EL SUEÑO DE LA NACIÓN

Para que el proyecto nacionalista pueda definir una nación se necesita un conjunto de requisitos conceptuales y simbólicos, y ese programa puede identificarse como tal, más o menos cristalizado, con prescindencia de las comunidades reales que pocas veces detienen sus imaginaciones y con independencia del buen éxito de ese programa para encarnarse en una constitución política sustentable en el concierto internacional. La yuxtaposición geográfica de eso proyectos puede dar un mapa con países, como los del juego del TEG, o con provincias, como las de El Estanciero. La nación es una comunidad política imaginada como limitada y soberana. Es decir que las naciones no son la toma de conciencia de un pueblo con una historia en un territorio. Al contrario, el nacionalismo crea o imagina las naciones: antes, estas no existían. El nacionalismo imagina las naciones como limitadas: el nacionalismo no tiende al Estado mundial. Para eso, crea su territorio, imagina sus límites y fronteras. Por eso, surgen conflictos nacionalistas a partir del choque de imaginaciones físicamente incompatibles: el Chile decimonónico imaginaba que era chileno el mar boliviano, y se lo quitó a Bolivia en la Guerra del Pacífico. El nacionalismo imagina las naciones como soberanas: en ese territorio, la comunidad tiene y ejerce el monopolio del poder sin interferencia mayor de naciones connotadamente extranjeras.

NO MÁS CARAS, NO MÁSCARAS

Acaso lo más importante, la comunidad imagina cómo es. No lo puede constatar: siempre es más extensa la nación que una aldea donde todos se conocen cara a cara. Imagina cuál es su lengua, cuál es su raza, cuál es su religión (o bien, por el contrario, se imagina a sí misma como laica y ciega a diferencias étnicas), imagina cuál es su canon artístico y literario, el que ha de patrimonializarse en sus bibliotecas y museos, cuáles son sus símbolos patrios y sus héroes y villanos, qué historia y qué documentos han de archivarse, cuál es el mapa que la define. No ha de pensarse que se trata de sacralizar u organizar lo dado: ya Renan decía que, para que haya naciones, es fundamental el olvido.

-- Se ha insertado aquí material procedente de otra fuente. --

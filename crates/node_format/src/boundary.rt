//! Where a node ends.

ghost use Rattle.std.specs.Prelude.{◌≡◌, ◌+◌, ◌≤◌, ◌∷◌, ℕ, List, false, length, take};
ghost use Rattle.std.specs.Int.{w32, from_be_bytes};
ghost use Rattle.tuple_codec.specs.Nodes.{ends};
ghost use Rattle.node_format.specs.Outlasting.{Outlasts};

use tuple_codec::{Address, Digester};

/// More bytes than most keys have.
const SHORT: usize = 64;

/// Whether the node of this level ends after the item with this key, by which its bytes are `size` and its items `count`.
///
/// The key is hashed only where it decides: from 512 bytes up to 16,383.
pub fn ends_here<D: Digester>(level: u8, size: u32, count: u32, key: &[u8]) -> bool
    requires { length key.now ≤ 4096 }
    ensures { result ≡ ends D.address level size count key.now }
{
    count >= 2
        && (size >= 16_384
            || size >= 512
                && u64::from(draw::<D>(level, key)) < (1 + u64::from(size) / 1024) * (1 << 24))
}

/// As [`ends_here`], where it is known that no node of fewer than so many steps of 1,024 bytes ends after the key: it is
/// hashed only from there on. Nothing has to be known for 0 steps.
pub fn ends_from<D: Digester>(level: u8, size: u32, count: u32, steps: u32, key: &[u8]) -> bool
    requires key { length key.now ≤ 4096 }
    requires known { Outlasts D.address level steps key.now }
    ensures { result ≡ ends D.address level size count key.now }
{
    size / 1024 >= steps && ends_here::<D>(level, size, count, key)
}

/// How many steps of 1,024 bytes an item outlasts that stood in a node and didn't end it, where the node had so many bytes and
/// items up to it.
///
/// The rule compares one number of the key with a bound that rises by such steps alone. So what didn't end a node in one step
/// ends none in it or in a lower one. From the first item, and below 512 bytes, nothing is known: there no key is asked.
pub fn steps_of(size: u32, count: u32) -> u32
    ensures { (address : List ℕ → List ℕ) (level : ℕ) (key : List ℕ) → ends address level size count key ≡ false → Outlasts address level result key }
{
    if count >= 2 && size >= 512 {
        1 + size / 1024
    } else {
        0
    }
}

/// The number by which a key ends a node or not: the first four bytes of the address of level and key.
fn draw<D: Digester>(level: u8, key: &[u8]) -> u32
    requires { length key.now ≤ 4096 }
    ensures { result ≡ from_be_bytes w32 (take 4 (D.address (level ∷ key.now))) }
{
    first_number(&address_of_key::<D>(level, key).0)
}

/// The address of level and key. A key of ordinary length is hashed in a short buffer, so that few bytes are cleared for it.
fn address_of_key<D: Digester>(level: u8, key: &[u8]) -> Address
    requires { length key.now ≤ 4096 }
    ensures { result.0 ≡ D.address (level ∷ key.now) }
{
    if key.len() < SHORT {
        address_in::<D>(&mut [0u8; SHORT], level, key)
    } else {
        address_in::<D>(&mut [0u8; 4097], level, key)
    }
}

/// The same, with a buffer for both.
fn address_in<D: Digester>(buffer: &mut [u8], level: u8, key: &[u8]) -> Address
    requires { 1 + length key.now ≤ length buffer.old }
    ensures { result.0 ≡ D.address (level ∷ key.now) }
{
    put(buffer, level, key);
    D::address_of(&buffer[..1 + key.len()])
}

/// Writes level and key to the front.
fn put(bytes: &mut [u8], level: u8, key: &[u8])
    requires { 1 + length key.now ≤ length bytes.old }
    ensures front { take (1 + length key.now) bytes.new ≡ level ∷ key.now }
    ensures length { length bytes.new ≡ length bytes.old }
{
    bytes[0] = level;
    bytes[1..1 + key.len()].copy_from_slice(key);
}

fn first_number(bytes: &[u8]) -> u32
    requires { 4 ≤ length bytes.now }
    ensures { result ≡ from_be_bytes w32 (take 4 bytes.now) }
{
    let (front, _) = bytes.split_at(4);
    u32::from_be_bytes([front[0], front[1], front[2], front[3]])
}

Para el Paraguay, el guaraní es desde siempre una lengua nacional (aunque en el mismo acto secante se enaltecía al indio ficto y se emasculaba la sin hueso del jopara); Bolivia tuvo que esperar al gobierno de Evo Morales para que la comunidad imaginada hiciera una lengua suya del quechua o del aymara, que recién desde el 2009 fueron tan doc como el español de los conquistadores. Hay que decir que Anderson, y es otro de los motivos fundamentales de su gran éxito, simpatiza con las naciones que imaginan las comunidades: si no son caras, tampoco son falsas máscaras. Porque estas comunidades se imaginan, justamente, como comunidades, con la igualdad de un mundo donde nadie es más que nadie, pero además, y sobre todo, con una fraternidad que nos permite extender el brazo a hermanos y hermanas desconocidos, y aun morir y matar por ellos. Benedict Anderson, hermano de Perry, un historiador más célebre, fue toda su vida un «indonesista», tal vez el mayor del siglo XX, y como tal informa de su muerte el Yakarta Times. El periódico de la capital de Indonesia fue notificado del hecho por Wahyu Yudistira, hijo adoptivo –indonesio– del historiador, que estaba con él en el hotel. Publicó muchos otros libros, pero estudiantes e investigadores lo recuerdan por Comunidades imaginadas. La desaparición del autor del libro de texto con el que tantos estudiamos algo alguna vez marca un desplazamiento, un cambio de época. Comunidades imaginadas no es, por cierto, un libro insustituible, pero no había sido, hasta ahora, sustituido.